Collected data:
____________
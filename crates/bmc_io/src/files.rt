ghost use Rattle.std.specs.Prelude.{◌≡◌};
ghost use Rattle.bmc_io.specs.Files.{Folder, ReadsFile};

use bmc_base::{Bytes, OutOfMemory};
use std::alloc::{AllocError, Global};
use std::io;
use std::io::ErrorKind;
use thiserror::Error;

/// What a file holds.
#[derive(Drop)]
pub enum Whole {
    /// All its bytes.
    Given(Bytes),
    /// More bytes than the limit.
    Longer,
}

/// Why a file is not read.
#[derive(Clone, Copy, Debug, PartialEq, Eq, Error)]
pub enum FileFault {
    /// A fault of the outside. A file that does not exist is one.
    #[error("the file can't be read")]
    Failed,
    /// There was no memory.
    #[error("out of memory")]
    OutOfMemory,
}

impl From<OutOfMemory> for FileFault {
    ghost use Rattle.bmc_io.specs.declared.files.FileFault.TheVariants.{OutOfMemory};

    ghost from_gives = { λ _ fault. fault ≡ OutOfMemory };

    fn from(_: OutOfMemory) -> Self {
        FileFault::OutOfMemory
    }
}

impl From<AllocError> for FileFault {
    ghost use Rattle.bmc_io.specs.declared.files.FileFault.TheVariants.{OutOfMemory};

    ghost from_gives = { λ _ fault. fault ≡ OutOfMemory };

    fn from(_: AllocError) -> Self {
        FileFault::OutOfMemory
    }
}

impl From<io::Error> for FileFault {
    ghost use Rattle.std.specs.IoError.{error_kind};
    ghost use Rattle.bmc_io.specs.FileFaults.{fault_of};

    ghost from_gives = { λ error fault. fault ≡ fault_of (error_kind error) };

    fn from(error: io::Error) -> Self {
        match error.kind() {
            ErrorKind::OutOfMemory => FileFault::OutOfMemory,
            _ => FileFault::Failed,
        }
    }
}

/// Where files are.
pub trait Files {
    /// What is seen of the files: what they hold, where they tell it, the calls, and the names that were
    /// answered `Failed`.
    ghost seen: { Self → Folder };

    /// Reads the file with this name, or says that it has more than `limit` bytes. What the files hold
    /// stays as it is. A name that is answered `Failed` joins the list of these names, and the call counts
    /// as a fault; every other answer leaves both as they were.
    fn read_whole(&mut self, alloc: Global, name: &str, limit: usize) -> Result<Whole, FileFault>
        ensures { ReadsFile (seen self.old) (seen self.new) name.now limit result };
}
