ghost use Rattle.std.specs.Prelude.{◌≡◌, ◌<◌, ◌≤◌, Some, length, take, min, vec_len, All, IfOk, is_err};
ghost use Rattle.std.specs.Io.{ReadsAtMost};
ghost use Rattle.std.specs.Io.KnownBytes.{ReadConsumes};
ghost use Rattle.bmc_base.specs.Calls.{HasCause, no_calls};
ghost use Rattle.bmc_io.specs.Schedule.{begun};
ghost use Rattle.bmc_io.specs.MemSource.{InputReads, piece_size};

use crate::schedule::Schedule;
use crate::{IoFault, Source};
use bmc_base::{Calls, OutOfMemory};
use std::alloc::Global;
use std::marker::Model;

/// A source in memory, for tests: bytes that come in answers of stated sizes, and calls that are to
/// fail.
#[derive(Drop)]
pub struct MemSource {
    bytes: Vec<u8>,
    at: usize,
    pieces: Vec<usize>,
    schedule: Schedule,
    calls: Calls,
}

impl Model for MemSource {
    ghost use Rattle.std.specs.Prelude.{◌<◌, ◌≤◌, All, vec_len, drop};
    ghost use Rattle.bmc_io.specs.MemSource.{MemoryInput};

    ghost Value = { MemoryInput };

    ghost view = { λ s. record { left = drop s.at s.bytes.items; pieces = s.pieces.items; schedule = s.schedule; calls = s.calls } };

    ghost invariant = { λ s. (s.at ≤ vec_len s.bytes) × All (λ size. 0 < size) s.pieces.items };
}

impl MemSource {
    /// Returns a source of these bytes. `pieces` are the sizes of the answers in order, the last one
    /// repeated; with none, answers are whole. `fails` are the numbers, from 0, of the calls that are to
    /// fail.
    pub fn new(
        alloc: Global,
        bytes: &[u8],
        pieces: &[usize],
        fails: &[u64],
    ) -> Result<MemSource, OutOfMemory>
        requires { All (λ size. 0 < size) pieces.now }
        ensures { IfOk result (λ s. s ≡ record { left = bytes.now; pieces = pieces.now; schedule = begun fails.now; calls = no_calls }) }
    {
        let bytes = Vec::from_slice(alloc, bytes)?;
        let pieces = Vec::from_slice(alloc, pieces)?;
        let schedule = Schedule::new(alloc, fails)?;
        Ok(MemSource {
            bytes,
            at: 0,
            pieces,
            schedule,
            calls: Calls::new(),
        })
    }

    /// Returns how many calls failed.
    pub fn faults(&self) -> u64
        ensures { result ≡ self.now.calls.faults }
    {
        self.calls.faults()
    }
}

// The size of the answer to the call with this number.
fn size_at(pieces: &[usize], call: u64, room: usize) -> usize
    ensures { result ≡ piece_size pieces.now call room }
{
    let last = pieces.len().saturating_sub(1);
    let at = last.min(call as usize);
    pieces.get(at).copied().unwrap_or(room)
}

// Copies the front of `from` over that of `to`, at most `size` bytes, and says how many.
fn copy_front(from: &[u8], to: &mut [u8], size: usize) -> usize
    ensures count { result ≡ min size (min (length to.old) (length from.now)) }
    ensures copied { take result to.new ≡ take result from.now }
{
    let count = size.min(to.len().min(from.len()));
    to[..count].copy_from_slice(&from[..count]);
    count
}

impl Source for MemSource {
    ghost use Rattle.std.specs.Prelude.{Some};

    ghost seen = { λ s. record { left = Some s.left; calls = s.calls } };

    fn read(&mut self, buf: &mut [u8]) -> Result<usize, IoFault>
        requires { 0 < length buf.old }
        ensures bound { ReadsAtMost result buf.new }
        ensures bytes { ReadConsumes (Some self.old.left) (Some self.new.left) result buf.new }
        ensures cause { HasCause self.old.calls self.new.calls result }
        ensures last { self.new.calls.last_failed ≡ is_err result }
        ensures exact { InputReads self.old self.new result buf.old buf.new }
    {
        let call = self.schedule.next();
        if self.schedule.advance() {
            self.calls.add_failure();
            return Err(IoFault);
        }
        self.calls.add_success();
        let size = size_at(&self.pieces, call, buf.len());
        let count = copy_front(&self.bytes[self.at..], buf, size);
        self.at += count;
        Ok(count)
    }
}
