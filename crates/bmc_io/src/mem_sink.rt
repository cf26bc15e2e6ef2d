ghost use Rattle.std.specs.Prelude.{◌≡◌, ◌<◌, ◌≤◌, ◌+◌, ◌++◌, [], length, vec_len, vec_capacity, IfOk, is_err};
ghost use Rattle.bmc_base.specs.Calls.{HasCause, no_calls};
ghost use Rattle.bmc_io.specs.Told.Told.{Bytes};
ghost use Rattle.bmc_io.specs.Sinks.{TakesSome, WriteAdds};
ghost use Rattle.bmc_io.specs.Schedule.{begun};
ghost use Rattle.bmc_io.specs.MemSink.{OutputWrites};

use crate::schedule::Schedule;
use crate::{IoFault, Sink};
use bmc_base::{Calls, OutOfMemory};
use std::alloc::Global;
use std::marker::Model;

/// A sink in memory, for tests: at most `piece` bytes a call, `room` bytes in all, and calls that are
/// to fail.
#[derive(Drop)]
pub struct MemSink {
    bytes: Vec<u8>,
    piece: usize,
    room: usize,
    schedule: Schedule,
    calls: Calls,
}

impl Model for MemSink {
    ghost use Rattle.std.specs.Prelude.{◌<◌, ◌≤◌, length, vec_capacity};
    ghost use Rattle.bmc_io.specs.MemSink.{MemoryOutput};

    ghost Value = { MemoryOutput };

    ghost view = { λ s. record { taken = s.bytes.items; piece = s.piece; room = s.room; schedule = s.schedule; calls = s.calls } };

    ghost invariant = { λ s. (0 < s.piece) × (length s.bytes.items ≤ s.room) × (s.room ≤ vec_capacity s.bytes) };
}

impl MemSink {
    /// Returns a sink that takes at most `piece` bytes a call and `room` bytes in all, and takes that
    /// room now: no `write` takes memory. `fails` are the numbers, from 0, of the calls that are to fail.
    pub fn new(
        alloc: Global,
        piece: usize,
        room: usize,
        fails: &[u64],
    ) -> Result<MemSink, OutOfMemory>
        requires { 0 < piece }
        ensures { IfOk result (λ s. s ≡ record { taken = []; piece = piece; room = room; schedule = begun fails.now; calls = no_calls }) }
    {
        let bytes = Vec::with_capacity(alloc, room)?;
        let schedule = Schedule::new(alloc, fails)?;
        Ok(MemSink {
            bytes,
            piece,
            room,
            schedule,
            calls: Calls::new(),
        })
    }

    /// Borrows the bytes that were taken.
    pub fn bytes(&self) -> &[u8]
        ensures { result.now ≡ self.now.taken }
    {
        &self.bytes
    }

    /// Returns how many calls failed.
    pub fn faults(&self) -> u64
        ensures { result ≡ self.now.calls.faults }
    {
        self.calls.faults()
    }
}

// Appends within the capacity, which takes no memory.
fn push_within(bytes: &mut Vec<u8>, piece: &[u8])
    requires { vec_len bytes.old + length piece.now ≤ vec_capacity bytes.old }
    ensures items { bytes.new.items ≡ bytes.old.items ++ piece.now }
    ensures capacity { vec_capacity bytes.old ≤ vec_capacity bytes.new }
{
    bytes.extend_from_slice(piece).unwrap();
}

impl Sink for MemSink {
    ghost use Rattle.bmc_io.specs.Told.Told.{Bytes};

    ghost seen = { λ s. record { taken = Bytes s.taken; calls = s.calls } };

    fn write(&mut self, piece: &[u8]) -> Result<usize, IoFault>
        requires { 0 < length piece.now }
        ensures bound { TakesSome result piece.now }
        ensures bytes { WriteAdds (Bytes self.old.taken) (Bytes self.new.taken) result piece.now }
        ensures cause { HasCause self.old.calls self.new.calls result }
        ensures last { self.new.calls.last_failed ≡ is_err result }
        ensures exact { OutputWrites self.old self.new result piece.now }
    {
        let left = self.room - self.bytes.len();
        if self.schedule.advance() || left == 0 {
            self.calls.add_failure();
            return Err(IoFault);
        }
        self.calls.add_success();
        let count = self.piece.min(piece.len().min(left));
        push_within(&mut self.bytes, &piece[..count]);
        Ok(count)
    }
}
____________
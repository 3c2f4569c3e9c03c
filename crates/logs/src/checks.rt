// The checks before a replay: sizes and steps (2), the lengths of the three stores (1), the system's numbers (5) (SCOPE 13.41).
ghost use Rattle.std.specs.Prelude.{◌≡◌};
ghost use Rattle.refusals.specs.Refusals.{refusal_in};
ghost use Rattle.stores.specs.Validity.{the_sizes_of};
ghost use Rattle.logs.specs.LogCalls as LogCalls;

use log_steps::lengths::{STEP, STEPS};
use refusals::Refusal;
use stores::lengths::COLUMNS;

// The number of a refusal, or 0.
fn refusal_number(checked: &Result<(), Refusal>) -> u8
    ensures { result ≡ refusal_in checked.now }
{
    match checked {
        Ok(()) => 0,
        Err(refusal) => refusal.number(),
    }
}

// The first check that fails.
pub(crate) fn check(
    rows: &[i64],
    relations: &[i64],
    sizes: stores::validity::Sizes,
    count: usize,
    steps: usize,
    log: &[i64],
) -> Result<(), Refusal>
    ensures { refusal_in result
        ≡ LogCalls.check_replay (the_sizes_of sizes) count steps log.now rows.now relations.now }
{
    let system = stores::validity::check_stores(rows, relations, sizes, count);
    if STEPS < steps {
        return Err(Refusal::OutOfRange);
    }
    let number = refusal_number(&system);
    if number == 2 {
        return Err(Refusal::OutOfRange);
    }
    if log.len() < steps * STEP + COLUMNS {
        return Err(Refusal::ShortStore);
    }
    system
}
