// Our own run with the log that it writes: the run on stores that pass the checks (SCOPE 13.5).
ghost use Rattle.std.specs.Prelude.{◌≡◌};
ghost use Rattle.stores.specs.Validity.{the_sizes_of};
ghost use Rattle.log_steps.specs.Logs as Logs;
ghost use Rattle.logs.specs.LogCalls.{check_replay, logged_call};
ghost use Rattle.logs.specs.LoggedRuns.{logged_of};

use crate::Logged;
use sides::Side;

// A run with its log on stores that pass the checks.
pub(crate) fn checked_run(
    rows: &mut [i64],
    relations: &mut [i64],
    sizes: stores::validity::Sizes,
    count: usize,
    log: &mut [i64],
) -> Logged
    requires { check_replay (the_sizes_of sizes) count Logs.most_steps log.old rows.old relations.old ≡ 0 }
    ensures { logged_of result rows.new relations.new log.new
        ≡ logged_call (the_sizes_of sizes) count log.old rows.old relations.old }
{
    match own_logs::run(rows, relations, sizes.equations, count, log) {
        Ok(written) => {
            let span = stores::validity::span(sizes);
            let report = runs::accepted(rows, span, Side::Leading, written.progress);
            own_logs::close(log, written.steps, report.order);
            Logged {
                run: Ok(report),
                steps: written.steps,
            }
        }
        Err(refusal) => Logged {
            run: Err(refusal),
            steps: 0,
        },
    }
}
____________
» What the task asks:
Every line in the data that includes the word "lengths" should be counted, and only the resulting number given.

» Written solution:
3